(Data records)
• • •

ghost use Rattle.std.specs.Prelude.{◌≡◌, ◌≤◌, ◌++◌, [], ◌∷◌, codes, length, map};
ghost use Rattle.std.specs.List.{join_with_byte};
ghost use Rattle.bmp_specs.specs.NumberText.{number_text};
ghost use Rattle.bmp_specs.specs.PeerText.{hex_text};
ghost use Rattle.bmp_specs.specs.RouteLine.{comma, comma_list, community_text, others_text};
ghost use Rattle.reply_text.specs.Pieces.{absent_word, behind, comma_of};
ghost use Rattle.wire_io.specs.Writes.{Writes};

use crate::hop::digits_of;
use crate::values::put_u32;
use ip_prefix::ShortText;
use path_attrs::Other;
use wire_io::{Failed, Sink, write_all, write_pieces};

// A number after the text before it.
fn numbered(before: &[u8], number: u32) -> ShortText
    requires { length before.now ≤ 8 }
    ensures whole { result ≡ before.now ++ number_text number }
    ensures short { length result ≤ 18 }
{
    let mut text = ShortText::new();
    text.extend(before);
    put_u32(&mut text, number);
    text
}

// Writes a number after the text before it.
pub(crate) fn put_number<O: Sink>(out: &mut O, before: &[u8], number: u32) -> Result<(), Failed>
    requires { length before.now ≤ 8 }
    ensures { Writes O.faults O.told O.aside out.old (before.now ++ number_text number) result out.new }
{
    write_all(out, numbered(before, number).as_slice())
}

// Writes the numbers, each after the mark.
pub(crate) fn put_behind<O: Sink>(out: &mut O, mark: u8, numbers: &[u32]) -> Result<(), Failed>
    ensures { Writes O.faults O.told O.aside out.old (behind mark (map number_text numbers.now)) result out.new }
{
    for number in numbers {
        put_number(out, &[mark], *number)?;
    }
    Ok(())
}

// Writes the numbers with the mark between them.
pub(crate) fn put_joined<O: Sink>(out: &mut O, mark: u8, numbers: &[u32]) -> Result<(), Failed>
    ensures { Writes O.faults O.told O.aside out.old (join_with_byte mark (map number_text numbers.now)) result out.new }
{
    match numbers {
        [] => Ok(()),
        [first, rest @ ..] => {
            put_number(out, b"", *first)?;
            put_behind(out, mark, rest)
        }
    }
}

// A community after the text before it.
fn community_behind(before: &[u8], community: u32) -> ShortText
    requires { length before.now ≤ 8 }
    ensures { result ≡ before.now ++ community_text community }
{
    let mut text = numbered(before, community / 65536);
    text.push(b':');
    put_u32(&mut text, community % 65536);
    text
}

// Writes a community after the text before it.
fn put_community<O: Sink>(out: &mut O, before: &[u8], community: u32) -> Result<(), Failed>
    requires { length before.now ≤ 8 }
    ensures { Writes O.faults O.told O.aside out.old (before.now ++ community_text community) result out.new }
{
    write_all(out, community_behind(before, community).as_slice())
}

// Writes the communities, each after a comma.
fn put_further_communities<O: Sink>(out: &mut O, communities: &[u32]) -> Result<(), Failed>
    ensures { Writes O.faults O.told O.aside out.old (behind comma (map community_text communities.now)) result out.new }
{
    for community in communities {
        put_community(out, b",", *community)?;
    }
    Ok(())
}

// Writes the field of the communities (RFC 1997).
pub(crate) fn put_communities<O: Sink>(out: &mut O, communities: &[u32]) -> Result<(), Failed>
    ensures { Writes O.faults O.told O.aside out.old (codes " comm=" ++ comma_list (map community_text communities.now)) result out.new }
{
    match communities {
        [] => write_all(out, b" comm=-"),
        [first, rest @ ..] => {
            put_community(out, b" comm=", *first)?;
            put_further_communities(out, rest)
        }
    }
}

// Writes the type code of an attribute after the text before it.
pub(crate) fn put_code<O: Sink>(out: &mut O, before: &[u8], other: &Other) -> Result<(), Failed>
    requires { length before.now ≤ 8 }
    ensures { Writes O.faults O.told O.aside out.old (before.now ++ number_text other.now.code) result out.new }
{
    put_number(out, before, other.code as u32)
}

// Writes the type codes of the attributes, each after a comma.
fn put_further_others<O: Sink>(out: &mut O, others: &[Other]) -> Result<(), Failed>
    ensures { Writes O.faults O.told O.aside out.old (behind comma (map (λ other. number_text other.code) others.now)) result out.new }
{
    for other in others {
        put_code(out, b",", other)?;
    }
    Ok(())
}

// Writes the field of the attributes that are told by their type codes alone.
pub(crate) fn put_others<O: Sink>(out: &mut O, others: &[Other]) -> Result<(), Failed>
    ensures { Writes O.faults O.told O.aside out.old (codes " other=" ++ others_text others.now) result out.new }
{
    match others {
        [] => write_all(out, b" other=-"),
        [first, rest @ ..] => {
            put_code(out, b" other=", first)?;
            put_further_others(out, rest)
        }
    }
}

// Writes the flags of an attribute after the text before them.
fn put_flag<O: Sink>(out: &mut O, before: &[u8], other: &Other) -> Result<(), Failed>
    ensures { Writes O.faults O.told O.aside out.old (before.now ++ hex_text (other.now.flags ∷ [])) result out.new }
{
    write_pieces(out, &[before, &digits_of(other.flags)])
}

// Writes the flags of the attributes, each after a comma.
fn put_further_flags<O: Sink>(out: &mut O, others: &[Other]) -> Result<(), Failed>
    ensures { Writes O.faults O.told O.aside out.old (behind comma (map (λ other. hex_text (other.flags ∷ [])) others.now)) result out.new }
{
    for other in others {
        put_flag(out, b",", other)?;
    }
    Ok(())
}

// Writes the field of the flags of the attributes that `other=` names, in that order.
pub(crate) fn put_flags<O: Sink>(out: &mut O, others: &[Other]) -> Result<(), Failed>
    ensures { Writes O.faults O.told O.aside out.old (codes " flags=" ++ comma_list (map (λ other. hex_text (other.flags ∷ [])) others.now)) result out.new }
{
    match others {
        [] => write_all(out, b" flags=-"),
        [first, rest @ ..] => {
            put_flag(out, b" flags=", first)?;
            put_further_flags(out, rest)
        }
    }
}

// What stands before a text: `,` where another stands before it.
pub(crate) fn comma(some: bool) -> &'static [u8]
    ensures { result.now ≡ comma_of some }
{
    if some { b"," } else { b"" }
}

// Writes `-` where no text was written.
pub(crate) fn put_absent<O: Sink>(out: &mut O, some: bool) -> Result<(), Failed>
    ensures { Writes O.faults O.told O.aside out.old (absent_word some) result out.new }
{
    if some {
        return Ok(());
    }
    write_all(out, b"-")
}
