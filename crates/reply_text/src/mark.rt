ghost use Rattle.std.specs.Prelude.{◌≡◌};
ghost use Rattle.ask_specs.specs.FullMarks.{full_mark_line};
ghost use Rattle.bmp_specs.specs.PeerLines.{family_text, mark_line, mark_text};
ghost use Rattle.wire_io.specs.Writes.{Writes};

use bmp_frames::{PeerKey, ViewText};
use bmp_specs::{Family, View};
use itoa::Buffer;
use wire_io::{Failed, Sink, write_pieces};

// The text of a family.
fn family_text(family: Family) -> &'static [u8]
    ensures { result.now ≡ family_text family }
{
    match family {
        Family::V4 => b"4",
        Family::V6 => b"6",
    }
}

// The word for whether a family is complete.
fn mark_text(complete: bool) -> &'static [u8]
    ensures { result.now ≡ mark_text complete }
{
    if complete { b"complete" } else { b"waiting" }
}

/// Writes the line of a mark: whether the routes of a family that a peer of this lane has in a view are
/// complete, as its End-of-RIB marker tells (RFC 4724, section 2). Where a write fails, a front of the line
/// was written.
pub fn put_mark<O: Sink>(
    out: &mut O,
    lane: u32,
    key: &PeerKey,
    view: View,
    family: Family,
    complete: bool,
) -> Result<(), Failed>
    ensures { Writes O.faults O.told O.aside out.old (mark_line lane key.now view family complete) result out.new }
{
    write_pieces(
        out,
        &[
            b"mark ",
            Buffer::new().format(lane).as_bytes(),
            b" ",
            key.text().as_slice(),
            b" ",
            view.text().as_slice(),
            b" ",
            family_text(family),
            b" ",
            mark_text(complete),
            b"\n",
        ],
    )
}

/// Writes the line of a mark as `put_mark` does, and at its end the number of rows that the peer has in the view and of
/// the family. Where a write fails, a front of the line was written.
pub fn put_full_mark<O: Sink>(
    out: &mut O,
    lane: u32,
    key: &PeerKey,
    view: View,
    family: Family,
    complete: bool,
    rows: u64,
) -> Result<(), Failed>
    ensures { Writes O.faults O.told O.aside out.old (full_mark_line lane (record { mark = record { key = key.now; view = view; family = family; complete = complete }; rows = rows })) result out.new }
{
    write_pieces(
        out,
        &[
            b"mark ",
            Buffer::new().format(lane).as_bytes(),
            b" ",
            key.text().as_slice(),
            b" ",
            view.text().as_slice(),
            b" ",
            family_text(family),
            b" ",
            mark_text(complete),
            b" rows=",
            Buffer::new().format(rows).as_bytes(),
            b"\n",
        ],
    )
}
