ghost use Rattle.std.specs.Prelude.{◌≡◌, ◌++◌, [], ◌∷◌, codes, option_map};
ghost use Rattle.std.specs.Option.{option_map_or};
ghost use Rattle.bmp_specs.specs.Lines.{further};
ghost use Rattle.bmp_specs.specs.NumberText.{number_text};
ghost use Rattle.bmp_specs.specs.PeerLines.{family_fields, name_or_other, stat_fields, stat_line};
ghost use Rattle.bmp_specs.specs.PeerText.{key_text};
ghost use Rattle.bmp_specs.specs.Registries.{first_row, statistics_types};
ghost use Rattle.reply_text.specs.Pieces.{spaced};
ghost use Rattle.wire_io.specs.Writes.{Writes};
ghost use Rattle.wire_tables.specs.Table.{row_values};

use crate::values::{put_u8, put_u32};
use bmp_frames::PeerKey;
use ip_prefix::ShortText;
use itoa::Buffer;
use wire_io::{Failed, Sink, write_pieces};
use wire_tables::{CodeTable, Shape, Stat, statistic_table};

// The name of a statistic, where it has one.
fn statistic_name<'a>(types: &'a CodeTable<18>, stat: &Stat) -> &'a [u8]
    requires { row_values types.now.rows ≡ statistics_types }
    ensures { result.now ≡ name_or_other (first_row stat.now.code statistics_types) }
{
    match types.name(stat.code) {
        Some(name) => name.as_bytes(),
        None => b"other",
    }
}

// The shape of a statistic, where it is known.
fn statistic_shape(types: &CodeTable<18>, stat: &Stat) -> Option<Shape>
    requires { row_values types.now.rows ≡ statistics_types }
    ensures { result ≡ option_map (λ row. row.shape) (first_row stat.now.code statistics_types) }
{
    types.find(stat.code)
}

// The field of the family that a statistic counts, where it counts one of one family.
fn family_field(shape: Option<Shape>, stat: &Stat) -> ShortText
    ensures { result ≡ spaced (option_map_or (λ s. family_fields s stat.now) shape []) }
{
    let mut text = ShortText::new();
    if let Some(Shape::FamilyGauge64) = shape {
        text.push(b' ');
        put_u32(&mut text, stat.afi as u32);
        text.push(b'/');
        put_u8(&mut text, stat.safi);
    }
    text
}

/// Writes the line of a statistic of a peer of this lane: its code, its name, its AFI and SAFI where it is a
/// gauge of one family, and its value (RFC 7854, section 4.8). Where a write fails, a front of the line was
/// written.
pub fn put_stat<O: Sink>(out: &mut O, lane: u32, key: &PeerKey, stat: &Stat) -> Result<(), Failed>
    ensures { Writes O.faults O.told O.aside out.old (stat_line lane key.now stat.now) result out.new }
{
    put_code(out, lane, key, stat)?;
    put_value(out, stat)
}

// Writes the fields of a lane, of a peer and of the code of a statistic.
fn put_code<O: Sink>(out: &mut O, lane: u32, key: &PeerKey, stat: &Stat) -> Result<(), Failed>
    ensures { Writes O.faults O.told O.aside out.old (codes "stat" ++ spaced (number_text lane ∷ key_text key.now ∷ number_text stat.now.code ∷ [])) result out.new }
{
    write_pieces(
        out,
        &[
            b"stat ",
            Buffer::new().format(lane).as_bytes(),
            b" ",
            key.text().as_slice(),
            b" ",
            Buffer::new().format(stat.code).as_bytes(),
        ],
    )
}

// Writes the fields of a statistic after its code, and the end of the line.
fn put_value<O: Sink>(out: &mut O, stat: &Stat) -> Result<(), Failed>
    ensures { Writes O.faults O.told O.aside out.old (further (stat_fields (first_row stat.now.code statistics_types) stat.now)) result out.new }
{
    let types = statistic_table();
    let name = statistic_name(&types, stat);
    let family = family_field(statistic_shape(&types, stat), stat);
    put_named_value(out, name, family.as_slice(), stat)
}

// Writes the fields of a name, of a family after its space, and of a value, and the end of the line.
fn put_named_value<O: Sink>(
    out: &mut O,
    name: &[u8],
    family: &[u8],
    stat: &Stat,
) -> Result<(), Failed>
    ensures { Writes O.faults O.told O.aside out.old (32 ∷ name.now ++ (family.now ++ further (number_text stat.now.value ∷ []))) result out.new }
{
    write_pieces(
        out,
        &[
            b" ",
            name,
            family,
            b" ",
            Buffer::new().format(stat.value).as_bytes(),
            b"\n",
        ],
    )
}
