ghost use Rattle.std.specs.Prelude.{◌≡◌, ◌++◌, [], ◌∷◌, codes, true};
ghost use Rattle.bmp_specs.specs.ChangeLines.{change_line, step_fields};
ghost use Rattle.bmp_specs.specs.Lines.{cause_fields, further};
ghost use Rattle.bmp_specs.specs.NumberText.{number_text};
ghost use Rattle.bmp_specs.specs.PeerText.{key_text, view_text};
ghost use Rattle.bmp_specs.specs.PrefixText.{prefix_text};
ghost use Rattle.bmp_specs.specs.RouteLine.{id_fields, route_fields};
ghost use Rattle.ask_specs.specs.AskReply.{further_step_fields, time_fields, told_change};
ghost use Rattle.ask_specs.specs.FullLine.{further_fields};
ghost use Rattle.reply_text.specs.Pieces.{spaced};
ghost use Rattle.rib_model.specs.Steps.{step_value};
ghost use Rattle.wire_io.specs.Writes.{Writes};

use crate::full::put_further;
use crate::lines::put_cause_fields;
use crate::route::{put_id_field, put_open_fields, put_row_key};
use bmp_frames::PeerKey;
use bmp_specs::{Cause, View};
use ip_prefix::Nlri;
use itoa::Buffer;
use path_attrs::Attrs;
use rib_model::{RowKey, Step};
use wire_io::{Failed, Sink, write_all, write_pieces};

/// Writes the line of a step of this lane, of this number. An announcement has the fields of a route line
/// from its peer on, a withdrawal those that name the route. Where a write fails, a front of the line was
/// written.
pub fn put_change<O: Sink>(out: &mut O, lane: u32, number: u64, step: &Step) -> Result<(), Failed>
    ensures { Writes O.faults O.told O.aside out.old (change_line lane (record { number = number; step = step_value step.now })) result out.new }
{
    put_numbers(out, lane, number)?;
    put_step(out, step)?;
    write_all(out, b"\n")
}

/// Writes the line of a step of this lane, of this number, with all that is known of it: the fields of `put_change` first,
/// then when it was seen and when its router told it, both `-` so far, and of an announcement all other path attributes, as
/// `put_full_route` has them. Where a write fails, a front of the line was written.
pub fn put_full_change<O: Sink>(
    out: &mut O,
    lane: u32,
    number: u64,
    step: &Step,
) -> Result<(), Failed>
    ensures { Writes O.faults O.told O.aside out.old (told_change true lane (record { number = number; step = step_value step.now })) result out.new }
{
    put_numbers(out, lane, number)?;
    put_step(out, step)?;
    put_times(out, step)
}

// Writes when a step was seen and told, which isn't known, and what a route line doesn't tell of an announcement, and the
// end of the line.
fn put_times<O: Sink>(out: &mut O, step: &Step) -> Result<(), Failed>
    ensures { Writes O.faults O.told O.aside out.old (further (time_fields ++ further_step_fields (step_value step.now))) result out.new }
{
    match step {
        Step::Announce { route, .. } => put_times_and_further(out, route),
        _ => write_all(out, b" seen=- told=-\n"),
    }
}

// Writes the times, and what a route line doesn't tell of a route.
fn put_times_and_further<O: Sink>(out: &mut O, attrs: &Attrs) -> Result<(), Failed>
    ensures { Writes O.faults O.told O.aside out.old (further (time_fields ++ further_fields attrs.now)) result out.new }
{
    write_all(out, b" seen=- told=-")?;
    put_further(out, attrs)
}

// Writes the fields of a lane and of the number of a step.
fn put_numbers<O: Sink>(out: &mut O, lane: u32, number: u64) -> Result<(), Failed>
    ensures { Writes O.faults O.told O.aside out.old (codes "change" ++ spaced (number_text lane ∷ number_text number ∷ [])) result out.new }
{
    write_pieces(
        out,
        &[
            b"change ",
            Buffer::new().format(lane).as_bytes(),
            b" ",
            Buffer::new().format(number).as_bytes(),
        ],
    )
}

// Writes the fields of what a step did.
fn put_step<O: Sink>(out: &mut O, step: &Step) -> Result<(), Failed>
    ensures { Writes O.faults O.told O.aside out.old (spaced (step_fields (step_value step.now))) result out.new }
{
    match step {
        Step::Opened => write_all(out, b" opened"),
        Step::Closed(cause) => put_closing(out, *cause),
        Step::Up(key) => write_pieces(out, &[b" up ", key.text().as_slice()]),
        Step::Down(key) => write_pieces(out, &[b" down ", key.text().as_slice()]),
        Step::Announce {
            key,
            view,
            nlri,
            route,
        } => put_announcement(out, &row_of(key, *view, nlri), route),
        Step::Withdraw { key, view, nlri } => put_withdrawal(out, &row_of(key, *view, nlri)),
    }
}

// Where a route stands.
fn row_of(key: &PeerKey, view: View, nlri: &Nlri) -> RowKey
    ensures { result ≡ record { key = key.now; view = view; nlri = nlri.now } }
{
    RowKey {
        key: *key,
        view,
        nlri: *nlri,
    }
}

// Writes the fields of a closing.
fn put_closing<O: Sink>(out: &mut O, cause: Cause) -> Result<(), Failed>
    ensures { Writes O.faults O.told O.aside out.old (spaced (codes "closed" ∷ cause_fields cause)) result out.new }
{
    write_all(out, b" closed")?;
    put_cause_fields(out, cause)
}

// Writes the fields of an announcement.
fn put_announcement<O: Sink>(out: &mut O, row: &RowKey, attrs: &Attrs) -> Result<(), Failed>
    ensures { Writes O.faults O.told O.aside out.old (spaced (codes "announce" ∷ route_fields (record { row_key = row.now; route = attrs.now }))) result out.new }
{
    write_all(out, b" announce")?;
    put_open_fields(out, row, attrs)
}

// Writes the fields of a withdrawal.
fn put_withdrawal<O: Sink>(out: &mut O, row: &RowKey) -> Result<(), Failed>
    ensures { Writes O.faults O.told O.aside out.old
        (spaced (codes "withdraw" ∷ key_text row.now.key ∷ view_text row.now.view ∷ prefix_text row.now.nlri.prefix ∷ id_fields row.now.nlri.id)) result out.new }
{
    write_all(out, b" withdraw")?;
    put_row_key(out, row)?;
    put_id_field(out, &row.nlri)
}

• • •

## Directions
Show every line from the entries that includes the word "attributes".

## Exercise answer
// Writes the type codes of the attributes, each after a comma.
// Writes the field of the attributes that are told by their type codes alone.
// Writes the flags of the attributes, each after a comma.
// Writes the field of the flags of the attributes that `other=` names, in that order.
/// then when it was seen and when its router told it, both `-` so far, and of an announcement all other path attributes, as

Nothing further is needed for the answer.